Prompt: Create a task for my morning exercise routine
Response: I've created a "Morning Exercise Routine" task with these subtasks:
1. Wake up at 6:00 AM
2. 10 minutes stretching
3. 20 minutes cardio
4. 15 minutes strength training
5. 5 minutes cool-down

2026 Advanced Alternatives

Beyond standard DPO, recent research has introduced improved variants:

SimPO (Simple Preference Optimization)

Eliminates the reference model entirely, reducing memory requirements:

# SimPO configuration (when TRL supports it)
# No reference model needed - single model in memory
# More memory efficient than DPO

Advantage: Fits in even tighter memory constraints When to use: Very limited VRAM, simple alignment needs

KTO (Kahneman-Tversky Optimization)

Uses asymmetric loss based on loss aversion theory:

# KTO is useful when you only have "good" examples
# Or when safety is more important than helpfulness
# Applies higher penalty to harmful outputs than reward to helpful ones

Advantage: Better for safety-critical applications When to use: When preventing harm is more important than maximizing helpfulness

Multi-Stage Alignment Stack

Production systems often use multiple methods:

Stage 1: SFT → Basic task capability
Stage 2: ORPO → Combined SFT + preference
Stage 3: DPO → Fine-grained alignment
Stage 4: KTO → Safety hardening

For your Task API model, standard DPO is sufficient. These alternatives become relevant when scaling to production or handling edge cases.

Reflect on Your Skill

Open your model-alignment skill from Lesson 0. Consider adding:

Training configuration section:

  • T4-optimized DPOConfig settings
  • Memory optimization techniques
  • Parameter tuning guidance

Troubleshooting section:

  • OOM recovery strategies
  • Instability fixes
  • Over-refusal detection

Metrics interpretation section:

  • What loss values indicate
  • Reward margin expectations
  • Early stopping criteria

These additions make your skill a practical reference for future alignment runs.

Try With AI

Use your AI companion to deepen your understanding.

Prompt 1: Debug Training Metrics

My DPO training shows these metrics after 50 steps:
- loss: 0.68 (barely decreased from 0.69)
- rewards/chosen: 0.02
- rewards/rejected: -0.01
- rewards/margin: 0.03

This seems like the model isn't learning. Diagnose potential causes:
1. Data quality issues?
2. Hyperparameter problems?
3. Model/tokenizer issues?

What specific fixes should I try?

What you are learning: Diagnostic reasoning. You develop the ability to interpret metrics and map symptoms to causes.
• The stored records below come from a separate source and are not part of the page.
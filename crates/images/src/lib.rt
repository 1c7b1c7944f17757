// Deciding whether a plan in memory is one that some file reads as: each function looks and writes nothing. An image is read like a file in which
// every list stands at its full length, and what is past its count must be 0.
#![tactic(auto)]

ghost use Rattle.std.specs.Prelude.{◌≡◌, ◌-◌, length};
ghost use Rattle.plan.specs.Limits.{tracks_at, routes_at, entries_at};
ghost use Rattle.plan.specs.Image.{plan_of};
ghost use Rattle.reading.specs.Calls.{stepped};
ghost use Rattle.reading.specs.Reading.{after_entry, scanned};
ghost use Rattle.images.specs.Images.{entry_room, entry_rooms, rooms, route_room, route_rooms, standing, zeros, zeros_in};

use lists::only_from;
use plan::image::{signals, tracks};
use plan::limits::{
    CLEAR, CLEAR_AT, ENTRIES, ENTRIES_AT, ENTRY_SIZE, IMAGE, NORMAL_AT, RELEASES_AT, REVERSE_AT,
    ROUTE_SIZE, ROUTES, ROUTES_AT, SIGNALS, SIGNALS_AT, TRACKS_AT,
};
use reading::{
    Form, counted, free, many, number_at, number_step, path_list, point_list, release_list,
    rising_list, track_section,
};

// Whether there are zeros from an offset up to another, and nothing else.
fn zeros_in(bytes: &[u8], from: usize, to: usize) -> bool
    ensures { result ≡ zeros_in bytes.now from to }
{
    bytes
        .get(from..to)
        .is_some_and(|part| only_from(0, part, 0))
}

// The same byte by byte: where they end, or the first that is none.
fn zeros_seen(bytes: &[u8], from: usize, to: usize) -> Result<usize, Form>
    ensures { result ≡ scanned (zeros (to - from)) bytes.now from }
{
    many(from, to.saturating_sub(from), |at, least| {
        free(number_at(bytes, at, 1, least))
    })
}

// The same: where all is right, as it nearly always is, none of them is looked at by itself.
fn zeros_to(bytes: &[u8], from: usize, to: usize) -> Result<usize, Form>
    ensures { result ≡ scanned (zeros (to - from)) bytes.now from }
{
    if zeros_in(bytes, from, to) {
        return Ok(to);
    }
    zeros_seen(bytes, from, to)
}

// The record of a route: its start signal and five lists.
fn route_room(image: &[u8; IMAGE], at: usize) -> Result<usize, Form>
    ensures { result ≡ scanned (route_room (plan_of image.now).tracks (length (plan_of image.now).signals)) image.now at }
{
    let bytes = &image[..];
    let tracks = tracks(image);
    let path_from = number_at(bytes, at, signals(image), 0)?;
    let path_end = path_list(bytes, path_from, tracks)?;
    let clear_from = zeros_to(bytes, path_end, at + CLEAR_AT)?;
    let clear_end = rising_list(bytes, clear_from, tracks, CLEAR)?;
    let normal_from = zeros_to(bytes, clear_end, at + NORMAL_AT)?;
    let normal_end = point_list(bytes, normal_from, image)?;
    let reverse_from = zeros_to(bytes, normal_end, at + REVERSE_AT)?;
    let reverse_end = point_list(bytes, reverse_from, image)?;
    let releases_from = zeros_to(bytes, reverse_end, at + RELEASES_AT)?;
    let releases_end = release_list(bytes, releases_from, image)?;
    zeros_to(bytes, releases_end, at + ROUTE_SIZE)
}

// Section 3: the records of the routes after their count.
fn route_rooms(image: &[u8; IMAGE]) -> Result<usize, Form>
    ensures { result ≡ scanned (route_rooms (plan_of image.now).tracks (length (plan_of image.now).signals)) image.now routes_at }
{
    counted(&image[..], ROUTES_AT, 0, ROUTES, |at, _| {
        free(route_room(image, at))
    })
}

// The record of an entry: its track, not below the least one allowed, and its clear list.
fn entry_room(image: &[u8; IMAGE], at: usize, least: usize) -> Result<(usize, usize), Form>
    ensures { result ≡ stepped (entry_room (length (plan_of image.now).tracks)) after_entry image.now at least }
{
    let bytes = &image[..];
    let tracks = tracks(image);
    let (clear_from, next) = number_step(bytes, at, tracks, least)?;
    let clear_end = rising_list(bytes, clear_from, tracks, CLEAR)?;
    let end = zeros_to(bytes, clear_end, at + ENTRY_SIZE)?;
    Ok((end, next))
}

// Section 4: the records of the entries after their count.
fn entry_rooms(image: &[u8; IMAGE]) -> Result<usize, Form>
    ensures { result ≡ scanned (entry_rooms (length (plan_of image.now).tracks)) image.now entries_at }
{
    counted(&image[..], ENTRIES_AT, 0, ENTRIES, |at, least| {
        entry_room(image, at, least)
    })
}

// The whole image: each section and its zeros, up to where the next one stands.
fn all_rooms(image: &[u8; IMAGE]) -> Result<usize, Form>
    ensures { result ≡ scanned rooms image.now tracks_at }
{
    let bytes = &image[..];
    let tracks_end = track_section(bytes, TRACKS_AT)?;
    zeros_to(bytes, tracks_end, SIGNALS_AT)?;
    let signals_end = rising_list(bytes, SIGNALS_AT, tracks(image), SIGNALS)?;
    zeros_to(bytes, signals_end, ROUTES_AT)?;
    let routes_end = route_rooms(image)?;
    zeros_to(bytes, routes_end, ENTRIES_AT)?;
    let entries_end = entry_rooms(image)?;
    zeros_to(bytes, entries_end, IMAGE)
}

// Whether an image is one that some file reads as.
#[tactic(auto, unfolding(crate::specs::Images::standing))]
pub fn stands(image: &[u8; IMAGE]) -> bool
    ensures { result ≡ standing image.now }
{
    all_rooms(image).is_ok()
}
Prompt 2: Optimize for Your Hardware

I have these hardware constraints:
- GPU: T4 (15GB VRAM)
- Current memory usage after loading: 6GB allocated
- Dataset size: 200 examples
- Desired effective batch size: 16

Help me calculate the optimal configuration:
1. What batch size and gradient accumulation work?
2. What max_length can I afford?
3. Should I use gradient checkpointing?

Show the math for memory estimation.

What you are learning: Resource planning. You learn to reason about memory budgets and optimize configurations.
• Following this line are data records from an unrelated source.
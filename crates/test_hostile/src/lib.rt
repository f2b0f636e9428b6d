//! Walks over file systems that fail, change or lie, over memory that runs out, and a crew under strain.
#![tactic(auto)]

#[cfg(test)]
mod by_crew;
#[cfg(test)]
mod gated;
#[cfg(test)]
mod refused;
#[cfg(test)]
mod rows;
#[cfg(test)]
mod strain;
#[cfg(test)]
mod unsteady;
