//! Walks of every mode and option over file systems whose answers are drawn anew at each call.
mod counts;
mod disk;
mod seen;
mod walks;
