//! A tree in memory each of whose calls passes a gate first.
ghost use Rattle.jwalk.specs.jwalk_model.Tree.{functions_of, only_root};

use jwalk::file_system::{Fault, FileSystem, Listed, MemoryFs, Metadata};
use std::alloc::Allocator;
use std::io;

/// What comes before each call to a tree, which may make the call fail.
pub trait Gate {
    /// Comes before the directory of a path is listed, and, without a path, before each other call.
    fn before(&self, listed: Option<&str>) -> Result<(), Fault>;
}

/// A tree behind a gate.
#[derive(Drop)]
pub struct Gated<G: Drop> {
    pub fs: MemoryFs,
    pub gate: G,
}

impl<G: Gate + Drop> FileSystem for Gated<G> {
    ghost IsFixed = { λ _. ⊥ };

    ghost functions = { λ _. functions_of only_root };

    fn read_dir<A: Allocator + Copy>(
        &self,
        alloc: A,
        path: &str,
    ) -> Result<Vec<io::Result<Listed<A>>, A>, Fault> {
        self.gate.before(Some(path))?;
        self.fs.read_dir(alloc, path)
    }

    fn metadata(&self, path: &str) -> Result<Metadata, Fault> {
        self.gate.before(None)?;
        self.fs.metadata(path)
    }

    fn symlink_metadata(&self, path: &str) -> Result<Metadata, Fault> {
        self.gate.before(None)?;
        self.fs.symlink_metadata(path)
    }

    fn read_link<A: Allocator + Copy>(&self, alloc: A, path: &str) -> Result<String<A>, Fault> {
        self.gate.before(None)?;
        self.fs.read_link(alloc, path)
    }
}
Prompt 3: Design Ablation Study

I want to understand how beta affects my Task API alignment. Design a small
ablation study:

1. What beta values should I test? (3-5 values)
2. What metrics should I compare?
3. How many training runs does this require?
4. What would results showing "beta too low" vs "beta too high" look like?

I have limited compute, so suggest an efficient approach.
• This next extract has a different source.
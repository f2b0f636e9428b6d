//! A crew under strain: slow and blocked calls, many walks, and two crews at once.
mod crews;
mod slow;
mod stuck;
What you are learning: Experimental design. You learn to systematically explore hyperparameter space rather than guessing.

Safety Note

DPO training modifies model behavior. Always validate thoroughly before deployment. A model that appears aligned on your test prompts may still fail on novel attacks. The evaluation and red-teaming in upcoming lessons are essential, not optional.